*** Opening of Information provided ***

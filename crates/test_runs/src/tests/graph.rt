// Networks without a source, which no model declares.
ghost use Rattle.std.specs.Prelude.{IsTrue};
ghost use Rattle.mq_graph.specs.Rank.{AreWired};

use mq_base::{List, OutOfMemory};
use mq_core::{Demand, Input, Kind, Network, Node};
use mq_graph::{RankFault, cycles_are_left, rank};
use std::alloc::Global;
use std::test::Fail;

fn network(alloc: Global, nodes: List<Node>) -> Network {
    Network {
        nodes,
        columns: List::new(alloc),
        bound: 0,
        version: 1,
    }
}

// Returns a server with these inputs.
fn server(alloc: Global, inputs: &[Input]) -> Result<Node, OutOfMemory> {
    Ok(Node {
        name: List::new(alloc),
        kind: Kind::Server(Demand::Fixed(1)),
        inputs: List::from_vec(Vec::from_slice(alloc, inputs)?),
    })
}

// Returns a network of a server that reads only itself, after this
// many servers that read nothing.
fn circle(alloc: Global, node: u32) -> Result<Network, OutOfMemory> {
    let mut nodes = List::new(alloc);
    for _ in 0..node {
        nodes.push(server(alloc, &[])?)?;
    }
    nodes.push(server(alloc, &[Input { node, out: 0 }])?)?;
    Ok(network(alloc, nodes))
}

fn is_wired(net: &Network) -> bool
    ensures { IsTrue result → AreWired net.now.nodes }
{
    let count = net.nodes.len();
    net.nodes.as_slice().iter().all(|node| node
        .inputs
        .as_slice()
        .iter()
        .all(|input| (input.node as usize) < count))
}

// Returns whether ranking a network gives this.
fn comes_to(alloc: Global, net: &Network, wanted: Result<&[u32], RankFault>) -> bool {
    if net.nodes.len() > 64 || !is_wired(net) {
        return false;
    }
    match rank(alloc, net) {
        Ok(order) => Ok(order.as_slice()) == wanted,
        Err(fault) => Err(fault) == wanted,
    }
}

fn nothing_is_ranked(alloc: Global) -> bool {
    comes_to(alloc, &network(alloc, List::new(alloc)), Ok(&[]))
}

fn circle_is_left(alloc: Global, node: u32) -> Result<bool, OutOfMemory> {
    let net = circle(alloc, node)?;
    Ok(comes_to(alloc, &net, Err(RankFault::Cycle { node })))
}

#[test]
fn a_network_without_a_source_is_ranked(rt: HostRuntime) -> Result<(), Fail> {
    cycles_are_left();
    let alloc = rt.alloc();
    assert!(rt; nothing_is_ranked(alloc));
    assert!(rt; circle_is_left(alloc, 0)?);
    assert!(rt; circle_is_left(alloc, 1)?);
    Ok(())
}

*** Close of Information provided ***

> _Work to be completed_:
Nothing should appear in the answer except the lines from the one with "return false;" through the final line of the records, written exactly.

> _Completed task_:
        return false;
    }
    match rank(alloc, net) {
        Ok(order) => Ok(order.as_slice()) == wanted,
        Err(fault) => Err(fault) == wanted,
    }
}

fn nothing_is_ranked(alloc: Global) -> bool {
    comes_to(alloc, &network(alloc, List::new(alloc)), Ok(&[]))
}

fn circle_is_left(alloc: Global, node: u32) -> Result<bool, OutOfMemory> {
    let net = circle(alloc, node)?;
    Ok(comes_to(alloc, &net, Err(RankFault::Cycle { node })))
}

#[test]
fn a_network_without_a_source_is_ranked(rt: HostRuntime) -> Result<(), Fail> {
    cycles_are_left();
    let alloc = rt.alloc();
    assert!(rt; nothing_is_ranked(alloc));
    assert!(rt; circle_is_left(alloc, 0)?);
    assert!(rt; circle_is_left(alloc, 1)?);
    Ok(())
}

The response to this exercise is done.